Dan kau akan terlihat seperti wanita.”
---
Siang – Tari Penghinaan, Dibuka oleh Cahaya:
Setiap pukul 11:00, Jin Rui memerintahkan:
Ruyu memakai gaun tipis menerawang tanpa dalaman.
Menari di tengah ruang terbuka, sinar matahari masuk dari kaca besar.
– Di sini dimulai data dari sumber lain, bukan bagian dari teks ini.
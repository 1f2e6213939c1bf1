//! Times.

ghost use Rattle.std.specs.Prelude.{◌≡◌, ◌^◌, ◌<◌, max};
ghost use Rattle.journal.specs.Moment.{moment_of};

use std::marker::Model;

/// A time in milliseconds, below 2^62. Contracts see it as the number of milliseconds. What it
/// counts from is its user's choice: the replay's requests carry their times.
#[derive(Clone, Copy, Debug, PartialEq, Eq, PartialOrd, Ord)]
pub struct Moment {
    milliseconds: u64,
}

impl Model for Moment {
    ghost use Rattle.std.specs.Prelude.{ℕ, ◌^◌, ◌<◌};

    ghost Value = { ℕ };

    ghost view = { λ m. m.milliseconds };

    ghost invariant = { λ m. m.milliseconds < 2 ^ 62 };

    ghost inverse = { λ n. record { milliseconds = n } };
}

impl Moment {
    /// The time 0 milliseconds.
    pub fn zero() -> Moment
        ensures { result ≡ 0 }
    {
        Moment { milliseconds: 0 }
    }

    /// The time of so many milliseconds, or `None` from 2^62 on.
    pub fn new(milliseconds: u64) -> Option<Moment>
        ensures { result ≡ moment_of milliseconds }
    {
        if milliseconds < 1 << 62 {
            Some(Moment { milliseconds })
        } else {
            None
        }
    }

    /// How many milliseconds it is.
    pub fn milliseconds(self) -> u64
        ensures value { result ≡ self }
        ensures range { result < 2 ^ 62 }
    {
        self.milliseconds
    }

    /// The later of two times.
    pub fn later(self, other: Moment) -> Moment
        ensures { result ≡ max self other }
    {
        Moment {
            milliseconds: self.milliseconds.max(other.milliseconds),
        }
    }
}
Kamera dipasang dari dua sudut.
> Jin Rui:
“Kau dulu menyuruh wanita melakukan ini.
Hari ini tubuhmu—perutmu, putingmu, pinggulmu—harus menunjukkan kelembutan untuk suami dan anak.”
> “Dan kau akan ditonton… sama seperti kau dulu menonton mereka.”
Setiap tarian direkam.
Tidak ada musik pengiring—hanya suara tapak kaki dan helaan napas.
---
Sore – Kontrol Diri dan Kontrol Emosi:
Ruyu duduk di ruang tengah, menulis jurnal ibu hamil:
“Apa yang membuatku bersyukur hari ini sebagai istri.”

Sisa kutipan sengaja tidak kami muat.